Stored data entries:
__________________________________________________

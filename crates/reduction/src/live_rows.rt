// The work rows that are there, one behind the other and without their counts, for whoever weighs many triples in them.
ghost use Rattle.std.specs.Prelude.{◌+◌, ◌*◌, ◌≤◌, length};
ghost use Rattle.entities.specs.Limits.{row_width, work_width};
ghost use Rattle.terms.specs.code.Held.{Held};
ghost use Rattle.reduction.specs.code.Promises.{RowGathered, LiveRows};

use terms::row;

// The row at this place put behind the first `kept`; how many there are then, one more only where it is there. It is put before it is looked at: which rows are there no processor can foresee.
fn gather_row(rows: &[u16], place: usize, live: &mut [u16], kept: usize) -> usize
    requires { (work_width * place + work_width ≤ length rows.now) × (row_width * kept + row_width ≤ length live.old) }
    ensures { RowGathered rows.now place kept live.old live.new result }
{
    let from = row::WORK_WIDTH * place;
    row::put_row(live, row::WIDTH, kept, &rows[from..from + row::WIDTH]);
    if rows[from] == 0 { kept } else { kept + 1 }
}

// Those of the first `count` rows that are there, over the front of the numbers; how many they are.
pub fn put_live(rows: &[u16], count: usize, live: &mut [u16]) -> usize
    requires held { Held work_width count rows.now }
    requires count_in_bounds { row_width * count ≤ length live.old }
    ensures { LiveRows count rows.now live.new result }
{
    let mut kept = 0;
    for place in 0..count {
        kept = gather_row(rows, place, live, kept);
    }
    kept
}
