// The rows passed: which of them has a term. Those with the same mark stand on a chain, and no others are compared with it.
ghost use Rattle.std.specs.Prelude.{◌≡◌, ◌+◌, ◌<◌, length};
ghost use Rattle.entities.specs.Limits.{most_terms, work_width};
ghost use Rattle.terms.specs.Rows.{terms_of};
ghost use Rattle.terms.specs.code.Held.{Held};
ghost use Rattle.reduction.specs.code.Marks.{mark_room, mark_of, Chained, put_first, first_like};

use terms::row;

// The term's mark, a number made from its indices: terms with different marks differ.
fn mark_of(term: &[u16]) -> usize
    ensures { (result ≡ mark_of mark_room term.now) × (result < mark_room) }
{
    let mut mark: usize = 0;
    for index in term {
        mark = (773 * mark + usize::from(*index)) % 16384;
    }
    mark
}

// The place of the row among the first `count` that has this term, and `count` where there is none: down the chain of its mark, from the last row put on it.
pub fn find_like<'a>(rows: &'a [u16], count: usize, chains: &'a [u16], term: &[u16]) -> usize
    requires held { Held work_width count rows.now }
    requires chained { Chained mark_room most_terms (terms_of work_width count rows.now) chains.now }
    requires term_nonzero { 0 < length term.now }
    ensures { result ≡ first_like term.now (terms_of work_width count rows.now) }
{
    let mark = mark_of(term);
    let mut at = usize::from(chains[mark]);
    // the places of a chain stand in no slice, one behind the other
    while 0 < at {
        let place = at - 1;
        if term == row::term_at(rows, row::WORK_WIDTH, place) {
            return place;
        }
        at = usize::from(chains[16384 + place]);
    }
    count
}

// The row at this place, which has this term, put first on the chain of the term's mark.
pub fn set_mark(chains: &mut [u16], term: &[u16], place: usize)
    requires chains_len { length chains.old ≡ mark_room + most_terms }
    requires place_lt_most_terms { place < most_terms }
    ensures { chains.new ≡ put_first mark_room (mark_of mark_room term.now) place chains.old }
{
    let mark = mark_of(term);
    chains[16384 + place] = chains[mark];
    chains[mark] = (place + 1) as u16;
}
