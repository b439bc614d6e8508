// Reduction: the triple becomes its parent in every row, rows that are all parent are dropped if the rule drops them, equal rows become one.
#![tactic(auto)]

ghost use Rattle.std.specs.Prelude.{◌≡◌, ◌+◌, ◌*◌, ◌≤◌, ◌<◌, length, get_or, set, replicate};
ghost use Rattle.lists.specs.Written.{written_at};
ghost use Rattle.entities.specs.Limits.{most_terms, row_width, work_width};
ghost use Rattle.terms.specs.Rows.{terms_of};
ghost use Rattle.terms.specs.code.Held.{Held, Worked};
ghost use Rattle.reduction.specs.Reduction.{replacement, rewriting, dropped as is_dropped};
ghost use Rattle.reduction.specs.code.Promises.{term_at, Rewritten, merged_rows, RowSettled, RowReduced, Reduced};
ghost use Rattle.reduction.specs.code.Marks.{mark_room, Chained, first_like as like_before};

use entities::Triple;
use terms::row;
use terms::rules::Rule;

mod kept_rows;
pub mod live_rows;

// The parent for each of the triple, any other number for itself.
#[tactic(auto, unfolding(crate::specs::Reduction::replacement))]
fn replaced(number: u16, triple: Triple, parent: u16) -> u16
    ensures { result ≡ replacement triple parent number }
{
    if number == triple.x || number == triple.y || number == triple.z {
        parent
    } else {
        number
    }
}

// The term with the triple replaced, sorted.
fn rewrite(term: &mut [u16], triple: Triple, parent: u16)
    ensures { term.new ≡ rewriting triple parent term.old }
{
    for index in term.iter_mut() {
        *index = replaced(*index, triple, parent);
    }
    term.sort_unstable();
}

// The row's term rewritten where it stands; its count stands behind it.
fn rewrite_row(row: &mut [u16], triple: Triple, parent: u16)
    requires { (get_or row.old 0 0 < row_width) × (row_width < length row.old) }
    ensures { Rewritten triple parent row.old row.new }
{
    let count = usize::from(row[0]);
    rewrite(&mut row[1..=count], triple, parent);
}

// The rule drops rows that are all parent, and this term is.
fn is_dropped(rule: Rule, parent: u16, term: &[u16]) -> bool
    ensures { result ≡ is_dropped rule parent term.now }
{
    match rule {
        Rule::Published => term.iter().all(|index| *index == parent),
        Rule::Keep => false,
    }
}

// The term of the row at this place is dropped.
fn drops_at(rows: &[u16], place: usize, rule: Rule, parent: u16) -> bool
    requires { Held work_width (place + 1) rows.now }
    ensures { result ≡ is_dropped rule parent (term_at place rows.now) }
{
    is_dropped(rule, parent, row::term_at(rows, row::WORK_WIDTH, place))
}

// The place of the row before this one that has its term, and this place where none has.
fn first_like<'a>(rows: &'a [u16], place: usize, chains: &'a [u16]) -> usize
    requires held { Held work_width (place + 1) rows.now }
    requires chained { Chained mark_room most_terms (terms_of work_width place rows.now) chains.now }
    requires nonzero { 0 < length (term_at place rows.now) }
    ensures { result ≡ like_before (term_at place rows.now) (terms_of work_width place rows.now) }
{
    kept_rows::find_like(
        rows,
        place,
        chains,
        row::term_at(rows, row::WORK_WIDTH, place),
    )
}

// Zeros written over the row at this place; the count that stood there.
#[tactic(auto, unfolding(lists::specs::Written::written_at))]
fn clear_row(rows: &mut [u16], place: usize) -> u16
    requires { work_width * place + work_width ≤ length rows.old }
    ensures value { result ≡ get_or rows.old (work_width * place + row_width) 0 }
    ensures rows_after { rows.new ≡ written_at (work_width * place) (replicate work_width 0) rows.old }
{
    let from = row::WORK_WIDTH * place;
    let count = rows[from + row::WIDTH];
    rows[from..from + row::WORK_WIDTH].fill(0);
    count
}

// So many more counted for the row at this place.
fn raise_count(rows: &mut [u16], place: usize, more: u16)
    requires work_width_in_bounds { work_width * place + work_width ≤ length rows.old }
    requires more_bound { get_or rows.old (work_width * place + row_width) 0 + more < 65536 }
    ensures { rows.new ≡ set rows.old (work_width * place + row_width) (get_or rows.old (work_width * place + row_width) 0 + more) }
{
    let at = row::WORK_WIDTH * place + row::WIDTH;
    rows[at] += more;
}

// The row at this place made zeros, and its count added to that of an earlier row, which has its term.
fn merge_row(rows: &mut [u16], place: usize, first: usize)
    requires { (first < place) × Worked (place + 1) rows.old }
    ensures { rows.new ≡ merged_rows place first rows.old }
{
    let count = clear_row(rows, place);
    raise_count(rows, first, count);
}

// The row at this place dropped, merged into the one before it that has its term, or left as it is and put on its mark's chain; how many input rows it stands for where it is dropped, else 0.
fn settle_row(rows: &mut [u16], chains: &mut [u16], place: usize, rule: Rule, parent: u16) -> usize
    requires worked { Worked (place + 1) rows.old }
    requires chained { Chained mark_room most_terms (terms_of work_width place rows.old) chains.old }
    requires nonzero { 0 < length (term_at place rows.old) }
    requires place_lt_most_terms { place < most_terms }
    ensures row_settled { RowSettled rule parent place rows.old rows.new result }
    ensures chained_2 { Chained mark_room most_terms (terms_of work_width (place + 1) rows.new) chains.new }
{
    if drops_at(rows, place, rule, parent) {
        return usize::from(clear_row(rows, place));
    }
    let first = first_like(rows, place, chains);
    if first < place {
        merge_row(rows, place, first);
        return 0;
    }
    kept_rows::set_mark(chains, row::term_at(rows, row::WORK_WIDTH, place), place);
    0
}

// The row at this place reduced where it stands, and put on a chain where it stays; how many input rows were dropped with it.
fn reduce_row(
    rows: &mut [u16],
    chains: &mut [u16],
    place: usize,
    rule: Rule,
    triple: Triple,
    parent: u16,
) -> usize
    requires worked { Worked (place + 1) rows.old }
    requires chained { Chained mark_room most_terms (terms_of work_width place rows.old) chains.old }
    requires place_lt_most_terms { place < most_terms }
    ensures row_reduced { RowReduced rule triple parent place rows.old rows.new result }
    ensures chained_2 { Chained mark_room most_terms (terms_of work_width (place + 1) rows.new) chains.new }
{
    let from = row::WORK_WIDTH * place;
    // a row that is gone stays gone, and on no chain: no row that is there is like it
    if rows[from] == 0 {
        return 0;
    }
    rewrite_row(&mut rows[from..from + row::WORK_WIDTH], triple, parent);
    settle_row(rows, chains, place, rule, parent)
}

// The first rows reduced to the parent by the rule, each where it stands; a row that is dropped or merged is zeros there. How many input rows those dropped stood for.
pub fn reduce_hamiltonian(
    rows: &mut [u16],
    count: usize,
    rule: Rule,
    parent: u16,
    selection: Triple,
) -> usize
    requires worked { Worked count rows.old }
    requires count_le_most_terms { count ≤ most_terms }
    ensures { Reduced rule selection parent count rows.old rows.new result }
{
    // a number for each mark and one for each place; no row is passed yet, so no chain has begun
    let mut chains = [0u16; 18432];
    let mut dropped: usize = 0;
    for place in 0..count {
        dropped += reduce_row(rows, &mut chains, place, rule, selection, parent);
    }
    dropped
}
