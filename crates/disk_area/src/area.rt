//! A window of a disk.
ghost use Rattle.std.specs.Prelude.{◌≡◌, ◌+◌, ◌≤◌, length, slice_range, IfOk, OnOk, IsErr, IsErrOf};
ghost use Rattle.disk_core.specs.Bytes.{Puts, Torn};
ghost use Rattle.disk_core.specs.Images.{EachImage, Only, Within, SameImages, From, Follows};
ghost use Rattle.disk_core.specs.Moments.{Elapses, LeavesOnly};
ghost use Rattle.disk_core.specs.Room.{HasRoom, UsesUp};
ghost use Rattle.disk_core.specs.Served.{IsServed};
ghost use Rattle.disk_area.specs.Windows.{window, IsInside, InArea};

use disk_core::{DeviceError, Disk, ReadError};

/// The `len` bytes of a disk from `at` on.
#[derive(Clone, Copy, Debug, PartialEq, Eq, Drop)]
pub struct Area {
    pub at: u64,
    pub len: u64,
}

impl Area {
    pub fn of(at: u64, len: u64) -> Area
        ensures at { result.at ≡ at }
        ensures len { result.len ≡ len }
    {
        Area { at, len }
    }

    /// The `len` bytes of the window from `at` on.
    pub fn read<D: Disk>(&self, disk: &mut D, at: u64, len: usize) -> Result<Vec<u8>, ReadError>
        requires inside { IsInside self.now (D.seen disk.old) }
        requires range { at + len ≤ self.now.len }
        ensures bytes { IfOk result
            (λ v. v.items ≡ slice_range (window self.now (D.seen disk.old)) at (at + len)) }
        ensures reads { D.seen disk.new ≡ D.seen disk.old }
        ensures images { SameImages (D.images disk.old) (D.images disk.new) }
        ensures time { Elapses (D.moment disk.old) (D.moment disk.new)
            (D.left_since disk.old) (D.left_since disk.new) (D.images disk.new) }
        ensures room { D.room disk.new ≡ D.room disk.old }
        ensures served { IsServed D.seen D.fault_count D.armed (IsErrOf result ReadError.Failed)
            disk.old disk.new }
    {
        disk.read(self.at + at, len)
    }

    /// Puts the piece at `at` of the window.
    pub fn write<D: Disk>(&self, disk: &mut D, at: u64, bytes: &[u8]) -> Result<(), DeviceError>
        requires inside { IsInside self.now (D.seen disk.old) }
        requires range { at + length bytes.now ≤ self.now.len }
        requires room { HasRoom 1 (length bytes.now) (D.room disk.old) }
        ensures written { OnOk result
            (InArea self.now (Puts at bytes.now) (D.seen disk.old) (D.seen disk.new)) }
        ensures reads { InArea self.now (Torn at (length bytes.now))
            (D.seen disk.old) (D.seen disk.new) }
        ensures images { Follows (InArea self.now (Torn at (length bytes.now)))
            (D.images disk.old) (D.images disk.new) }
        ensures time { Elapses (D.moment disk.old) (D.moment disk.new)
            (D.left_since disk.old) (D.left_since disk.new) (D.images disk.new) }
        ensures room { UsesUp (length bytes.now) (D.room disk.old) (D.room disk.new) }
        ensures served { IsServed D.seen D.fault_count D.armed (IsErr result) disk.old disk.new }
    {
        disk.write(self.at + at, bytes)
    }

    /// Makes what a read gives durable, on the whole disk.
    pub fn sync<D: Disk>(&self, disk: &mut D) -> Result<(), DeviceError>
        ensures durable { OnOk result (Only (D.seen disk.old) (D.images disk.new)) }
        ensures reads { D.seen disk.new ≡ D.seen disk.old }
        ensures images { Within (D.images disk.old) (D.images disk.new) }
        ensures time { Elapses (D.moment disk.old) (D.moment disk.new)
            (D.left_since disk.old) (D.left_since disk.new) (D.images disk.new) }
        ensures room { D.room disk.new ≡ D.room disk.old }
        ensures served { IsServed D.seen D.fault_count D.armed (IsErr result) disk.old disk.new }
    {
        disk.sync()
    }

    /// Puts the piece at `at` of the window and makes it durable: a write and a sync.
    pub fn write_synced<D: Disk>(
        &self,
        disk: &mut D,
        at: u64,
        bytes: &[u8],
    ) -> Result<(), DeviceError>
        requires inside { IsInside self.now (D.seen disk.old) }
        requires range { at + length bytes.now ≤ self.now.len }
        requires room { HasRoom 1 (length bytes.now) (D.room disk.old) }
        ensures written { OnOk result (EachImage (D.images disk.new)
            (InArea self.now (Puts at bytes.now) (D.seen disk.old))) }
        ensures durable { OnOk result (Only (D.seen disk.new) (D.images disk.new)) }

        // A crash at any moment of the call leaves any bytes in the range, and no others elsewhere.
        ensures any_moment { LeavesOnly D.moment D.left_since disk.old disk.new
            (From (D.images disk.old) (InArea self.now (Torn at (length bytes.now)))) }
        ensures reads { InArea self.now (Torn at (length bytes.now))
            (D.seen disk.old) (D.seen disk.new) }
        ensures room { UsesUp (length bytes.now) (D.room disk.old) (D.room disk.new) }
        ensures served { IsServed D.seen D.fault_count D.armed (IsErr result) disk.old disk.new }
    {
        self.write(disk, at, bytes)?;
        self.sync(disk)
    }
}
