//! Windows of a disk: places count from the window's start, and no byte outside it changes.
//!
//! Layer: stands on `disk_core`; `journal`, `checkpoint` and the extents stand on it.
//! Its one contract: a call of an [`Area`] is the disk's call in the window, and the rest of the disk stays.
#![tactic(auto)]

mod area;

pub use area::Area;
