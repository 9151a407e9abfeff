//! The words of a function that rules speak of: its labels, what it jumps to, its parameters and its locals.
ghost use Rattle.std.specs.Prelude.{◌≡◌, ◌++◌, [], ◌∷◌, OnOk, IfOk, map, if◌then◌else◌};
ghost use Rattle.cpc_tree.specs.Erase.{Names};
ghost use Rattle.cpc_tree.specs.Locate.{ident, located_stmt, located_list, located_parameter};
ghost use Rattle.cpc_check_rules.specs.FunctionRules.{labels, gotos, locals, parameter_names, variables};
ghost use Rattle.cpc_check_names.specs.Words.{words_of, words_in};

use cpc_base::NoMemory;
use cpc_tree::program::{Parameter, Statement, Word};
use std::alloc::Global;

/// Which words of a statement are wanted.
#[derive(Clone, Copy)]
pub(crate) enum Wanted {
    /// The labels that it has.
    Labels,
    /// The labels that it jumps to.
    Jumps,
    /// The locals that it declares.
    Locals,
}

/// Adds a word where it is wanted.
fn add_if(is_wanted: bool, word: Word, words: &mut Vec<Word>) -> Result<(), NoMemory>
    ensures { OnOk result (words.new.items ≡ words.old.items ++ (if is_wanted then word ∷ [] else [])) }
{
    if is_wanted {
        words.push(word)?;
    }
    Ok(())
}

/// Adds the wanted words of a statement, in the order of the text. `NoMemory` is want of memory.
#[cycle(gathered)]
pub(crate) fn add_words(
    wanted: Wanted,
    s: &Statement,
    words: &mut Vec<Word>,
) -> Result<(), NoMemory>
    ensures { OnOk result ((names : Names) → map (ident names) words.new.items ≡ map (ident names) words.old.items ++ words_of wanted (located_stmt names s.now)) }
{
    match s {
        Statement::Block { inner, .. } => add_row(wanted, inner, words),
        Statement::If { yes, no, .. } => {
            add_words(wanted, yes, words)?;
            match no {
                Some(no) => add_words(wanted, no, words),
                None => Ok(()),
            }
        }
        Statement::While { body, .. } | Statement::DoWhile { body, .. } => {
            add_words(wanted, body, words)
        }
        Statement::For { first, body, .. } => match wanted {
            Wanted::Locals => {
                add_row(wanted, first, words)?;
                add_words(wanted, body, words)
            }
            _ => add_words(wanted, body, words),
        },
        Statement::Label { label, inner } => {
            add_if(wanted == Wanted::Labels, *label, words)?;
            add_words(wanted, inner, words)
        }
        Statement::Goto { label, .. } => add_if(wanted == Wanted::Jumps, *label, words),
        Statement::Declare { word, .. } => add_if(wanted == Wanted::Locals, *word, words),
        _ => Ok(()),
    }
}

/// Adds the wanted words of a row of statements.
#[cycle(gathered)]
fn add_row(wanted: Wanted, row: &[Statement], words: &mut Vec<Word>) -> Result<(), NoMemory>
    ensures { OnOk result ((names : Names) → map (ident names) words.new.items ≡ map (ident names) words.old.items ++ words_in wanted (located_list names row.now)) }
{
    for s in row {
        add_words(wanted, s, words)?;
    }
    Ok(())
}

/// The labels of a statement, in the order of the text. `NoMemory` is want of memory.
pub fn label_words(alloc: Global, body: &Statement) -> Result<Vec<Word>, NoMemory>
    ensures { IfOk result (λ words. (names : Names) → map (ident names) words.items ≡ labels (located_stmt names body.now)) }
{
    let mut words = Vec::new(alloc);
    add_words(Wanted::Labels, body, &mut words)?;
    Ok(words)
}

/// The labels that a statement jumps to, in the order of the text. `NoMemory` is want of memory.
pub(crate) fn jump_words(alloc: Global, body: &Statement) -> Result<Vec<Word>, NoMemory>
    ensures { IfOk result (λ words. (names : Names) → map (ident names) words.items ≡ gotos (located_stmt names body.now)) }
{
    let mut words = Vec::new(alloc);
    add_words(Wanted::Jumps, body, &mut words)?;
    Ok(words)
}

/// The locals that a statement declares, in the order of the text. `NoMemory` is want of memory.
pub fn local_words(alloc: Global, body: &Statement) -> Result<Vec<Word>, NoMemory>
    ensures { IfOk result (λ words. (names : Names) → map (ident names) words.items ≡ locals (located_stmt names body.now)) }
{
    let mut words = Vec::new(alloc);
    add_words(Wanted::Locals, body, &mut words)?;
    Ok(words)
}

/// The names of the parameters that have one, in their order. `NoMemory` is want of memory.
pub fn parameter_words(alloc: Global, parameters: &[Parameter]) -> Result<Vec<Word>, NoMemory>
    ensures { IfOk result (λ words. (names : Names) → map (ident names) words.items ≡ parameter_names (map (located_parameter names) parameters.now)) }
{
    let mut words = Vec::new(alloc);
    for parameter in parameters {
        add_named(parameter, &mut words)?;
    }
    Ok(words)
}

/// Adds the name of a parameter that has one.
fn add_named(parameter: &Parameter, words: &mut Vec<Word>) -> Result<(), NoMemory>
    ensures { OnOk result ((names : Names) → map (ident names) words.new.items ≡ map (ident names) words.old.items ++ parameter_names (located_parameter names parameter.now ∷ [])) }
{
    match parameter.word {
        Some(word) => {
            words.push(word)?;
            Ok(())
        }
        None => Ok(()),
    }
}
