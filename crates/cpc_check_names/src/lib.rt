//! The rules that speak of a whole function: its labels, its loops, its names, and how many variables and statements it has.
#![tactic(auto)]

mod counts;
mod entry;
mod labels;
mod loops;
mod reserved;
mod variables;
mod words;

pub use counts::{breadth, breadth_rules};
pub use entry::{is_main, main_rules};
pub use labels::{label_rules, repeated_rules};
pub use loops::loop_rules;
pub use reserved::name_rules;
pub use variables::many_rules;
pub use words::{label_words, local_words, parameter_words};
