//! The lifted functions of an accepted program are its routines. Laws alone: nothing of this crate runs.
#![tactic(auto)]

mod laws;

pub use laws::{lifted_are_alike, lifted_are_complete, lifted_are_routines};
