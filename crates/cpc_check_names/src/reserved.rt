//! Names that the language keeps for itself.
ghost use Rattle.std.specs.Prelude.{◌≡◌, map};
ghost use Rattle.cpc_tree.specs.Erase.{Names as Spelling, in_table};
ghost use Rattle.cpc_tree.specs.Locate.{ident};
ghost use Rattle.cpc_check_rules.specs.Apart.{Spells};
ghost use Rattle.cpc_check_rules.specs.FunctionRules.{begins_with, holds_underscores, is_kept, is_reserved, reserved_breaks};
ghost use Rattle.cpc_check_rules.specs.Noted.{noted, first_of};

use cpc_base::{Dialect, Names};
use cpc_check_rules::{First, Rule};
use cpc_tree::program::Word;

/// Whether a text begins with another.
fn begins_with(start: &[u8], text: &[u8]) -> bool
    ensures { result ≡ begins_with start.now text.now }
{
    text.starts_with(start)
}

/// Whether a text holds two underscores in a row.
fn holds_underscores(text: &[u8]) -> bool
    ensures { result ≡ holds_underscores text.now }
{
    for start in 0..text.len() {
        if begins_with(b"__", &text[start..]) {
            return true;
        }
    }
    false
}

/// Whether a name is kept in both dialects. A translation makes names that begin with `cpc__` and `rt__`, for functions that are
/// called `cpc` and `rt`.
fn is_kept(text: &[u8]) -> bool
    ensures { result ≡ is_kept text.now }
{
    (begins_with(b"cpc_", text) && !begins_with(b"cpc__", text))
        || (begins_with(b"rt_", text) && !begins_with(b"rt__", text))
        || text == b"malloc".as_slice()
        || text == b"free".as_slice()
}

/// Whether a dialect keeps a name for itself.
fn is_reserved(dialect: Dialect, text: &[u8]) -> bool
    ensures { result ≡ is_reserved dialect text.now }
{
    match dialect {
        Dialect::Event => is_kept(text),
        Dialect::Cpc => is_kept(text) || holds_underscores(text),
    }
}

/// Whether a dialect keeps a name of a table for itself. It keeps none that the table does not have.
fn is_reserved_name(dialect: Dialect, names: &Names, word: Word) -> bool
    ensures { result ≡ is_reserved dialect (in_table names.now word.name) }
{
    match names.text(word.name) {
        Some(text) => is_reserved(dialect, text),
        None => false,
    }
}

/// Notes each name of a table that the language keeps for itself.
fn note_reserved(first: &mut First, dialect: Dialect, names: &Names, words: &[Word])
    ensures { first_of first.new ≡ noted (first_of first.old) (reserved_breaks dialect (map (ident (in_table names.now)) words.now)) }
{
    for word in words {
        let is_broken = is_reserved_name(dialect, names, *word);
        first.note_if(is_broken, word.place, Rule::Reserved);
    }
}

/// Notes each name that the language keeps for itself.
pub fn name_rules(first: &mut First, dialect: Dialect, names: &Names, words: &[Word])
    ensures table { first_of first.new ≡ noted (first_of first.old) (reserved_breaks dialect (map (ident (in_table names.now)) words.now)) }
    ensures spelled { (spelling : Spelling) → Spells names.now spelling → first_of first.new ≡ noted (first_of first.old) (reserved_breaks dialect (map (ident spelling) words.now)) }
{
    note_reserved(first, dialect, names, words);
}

__________________________________________________

Reproduce exactly the lines above from the line with "rows[at] += more;" to the line with "(term_at place rows.old)", including both, and add nothing.

    rows[at] += more;
}

// The row at this place made zeros, and its count added to that of an earlier row, which has its term.
fn merge_row(rows: &mut [u16], place: usize, first: usize)
    requires { (first < place) × Worked (place + 1) rows.old }
    ensures { rows.new ≡ merged_rows place first rows.old }
{
    let count = clear_row(rows, place);
    raise_count(rows, first, count);
}

// The row at this place dropped, merged into the one before it that has its term, or left as it is and put on its mark's chain; how many input rows it stands for where it is dropped, else 0.
fn settle_row(rows: &mut [u16], chains: &mut [u16], place: usize, rule: Rule, parent: u16) -> usize
    requires worked { Worked (place + 1) rows.old }
    requires chained { Chained mark_room most_terms (terms_of work_width place rows.old) chains.old }
    requires nonzero { 0 < length (term_at place rows.old) }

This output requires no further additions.